Tesla Founder Backs an Anti-Artificial Intelligence Movement

In Elon, Elon trusts.

byMichael Frank|
Tesla News photo


Elon fears Robots. As such, Elon Musk has thrown his considerable influence behind something called Open AI, an effort to keep artificial intelligence research in the public sphere where, the theory goes, it can be less pernicious than if Big Tech owns all the puzzle pieces. This is no light matter. In the above-linked release the founders say they’ve already raised $1 billion.

As for the mission statement, a dark thread runs directly through the summation of what AI may become:

“AI systems today have impressive but narrow capabilities. It seems that we'll keep whittling away at their constraints, and in the extreme case they will reach human performance on virtually every intellectual task.

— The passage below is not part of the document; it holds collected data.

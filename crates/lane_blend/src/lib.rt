//! The arithmetic of pixels on whole rows.
//!
//! A row has four bytes a pixel: blue, green, red and alpha, each pixel's colours at or below its alpha. Each call does to every
//! pixel of a row what the call of the same name in [`pixel_math`] does to one, for rows of every length, and [`fill_row`] writes
//! one pixel at each column. [`RowFade`] and [`RowMix`] are prepared once for an opacity or for a step of a mix and used for many
//! rows. No call allocates, and none fails.
#![tactic(auto)]

mod fade;
mod fill;
mod key;
mod lanes;
mod lines;
mod mix;
mod over;
mod weights;

pub use fade::{RowFade, fade_row};
pub use fill::fill_row;
pub use key::key_row;
pub use mix::{RowMix, mix_row};
pub use over::over_row;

It’s hard to fathom how much human-level AI could benefit society, and it's equally hard to imagine how much it could damage society if built or used incorrectly.”

The partnership is potent. Musk is teaming up with Y Combinator CEO Sam Altman (the dough behind AirBnB and Dropbox).

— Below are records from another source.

//! Steps on 16 bytes at a time, which are four pixels.
ghost use Rattle.std.specs.Prelude.{◌≡◌, map};
ghost use Rattle.std.specs.List.{range_with_len};
ghost use Rattle.std.specs.Simd.Lanes.{zip2};
ghost use Rattle.pixel_math.specs.Pixel.{scaled};
ghost use Rattle.lane_blend.specs.inner.Lanes.{AreBelowAlpha, AreBytes, key_at, over_at, scaled_at};

use std::simd::prelude::*;

/// The indices of the first byte of each pair, each followed by that of a zero, which is byte 16.
const EVENS: [usize; 16] = [0, 16, 2, 16, 4, 16, 6, 16, 8, 16, 10, 16, 12, 16, 14, 16];

/// The indices of the second byte of each pair, each followed by that of a zero.
const ODDS: [usize; 16] = [1, 16, 3, 16, 5, 16, 7, 16, 9, 16, 11, 16, 13, 16, 15, 16];

/// For each pair of bytes, the index of the alpha of their pixel, followed by that of a zero.
const ALPHAS: [usize; 16] = [3, 16, 3, 16, 7, 16, 7, 16, 11, 16, 11, 16, 15, 16, 15, 16];

/// For each pair of bytes, the index of the red of their pixel, followed by that of a zero.
const REDS: [usize; 16] = [2, 16, 2, 16, 6, 16, 6, 16, 10, 16, 10, 16, 14, 16, 14, 16];

/// Lays four pixels over four others.
pub(crate) fn over_lanes(src: u8x16, dst: u8x16) -> u8x16
    requires { AreBelowAlpha src }
    ensures { result ≡ map (over_at src dst) (range_with_len 0 16) }
{
    let alphas = u16x8::from_le_bytes(src.shuffle(u8x16::splat(0), ALPHAS));
    let below = scaled_pairs(dst, u16x8::splat(255).strict_sub(alphas));
    src.strict_add(below)
}

/// Keys four pixels by the reds of four others.
pub(crate) fn key_lanes(row: u8x16, keys: u8x16) -> u8x16
    ensures { result ≡ map (key_at row keys) (range_with_len 0 16) }
{
    let reds = u16x8::from_le_bytes(keys.shuffle(u8x16::splat(0), REDS));
    scaled_pairs(row, reds)
}

/// Multiplies both bytes of each pair of `values` by the pair's number of 255ths, rounded to the nearest byte. The first bytes and
/// the second ones are multiplied separately, each in sixteen bits.
fn scaled_pairs(values: u8x16, by: u16x8) -> u8x16
    requires { AreBytes by }
    ensures { result ≡ map (scaled_at values by) (range_with_len 0 16) }
{
    let evens = u16x8::from_le_bytes(values.shuffle(u8x16::splat(0), EVENS));
    let odds = u16x8::from_le_bytes(values.shuffle(u8x16::splat(0), ODDS));
    let first = scaled_lanes(evens, by);
    let second = scaled_lanes(odds, by);
    let both = first.strict_add(second.strict_mul(u16x8::splat(256)));
    both.to_le_bytes()
}

/// Multiplies each of `values` by its number of 255ths, rounded to the nearest byte. A product with 257 and a division by 65536,
/// which the processor does in one step, take the place of a division by 255.
fn scaled_lanes(values: u16x8, by: u16x8) -> u16x8
    requires values { AreBytes values }
    requires by { AreBytes by }
    ensures { result ≡ zip2 scaled values by }
{
    let product = values.strict_mul(by);
    let rounded = product.strict_add(u16x8::splat(128));
    let shares = rounded.cast::<u32>().strict_mul(u32x8::splat(257));
    let whole = shares / u32x8::splat(65536);
    whole.cast::<u16>()
}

And Altman’s concerns sound at least as, uh, disconcerting as any voiced by Musk. Altman’s quoted by Backchannel summing up his fears:

“Just like humans protect against Dr. Evil by the fact that most humans are good, and the collective force of humanity can contain the bad elements, we think its far more likely that many, many AIs, will work to stop the occasional bad actors than the idea that there is a single AI a billion times more powerful than anything else. If that one thing goes off the rails or if Dr. Evil gets that one thing and there is nothing to counteract it, then we’re really in a bad place.”

All of that sounds pretty freaky, but there’s wisdom in place that makes a lot of sense, too, at least in terms of publicly funding research. The U.S. has lost billions in public-private research partnership dollars since both the Feds and states have been giving less dough to fund universities over the last three decades.  

Also, we have a fine tradition of billionaire philanthropists giving money to harness great research.

Still, there’s a self-anointing quality to the nature of this venture that’s got us wary of Musk, as much as of AI. At the end of the release we get a note about Elon’s backing on a first-name basis. Not Musk or even Mr. Musk. “Elon.” At least Steve Jobs was always “Jobs,” not “Steve.”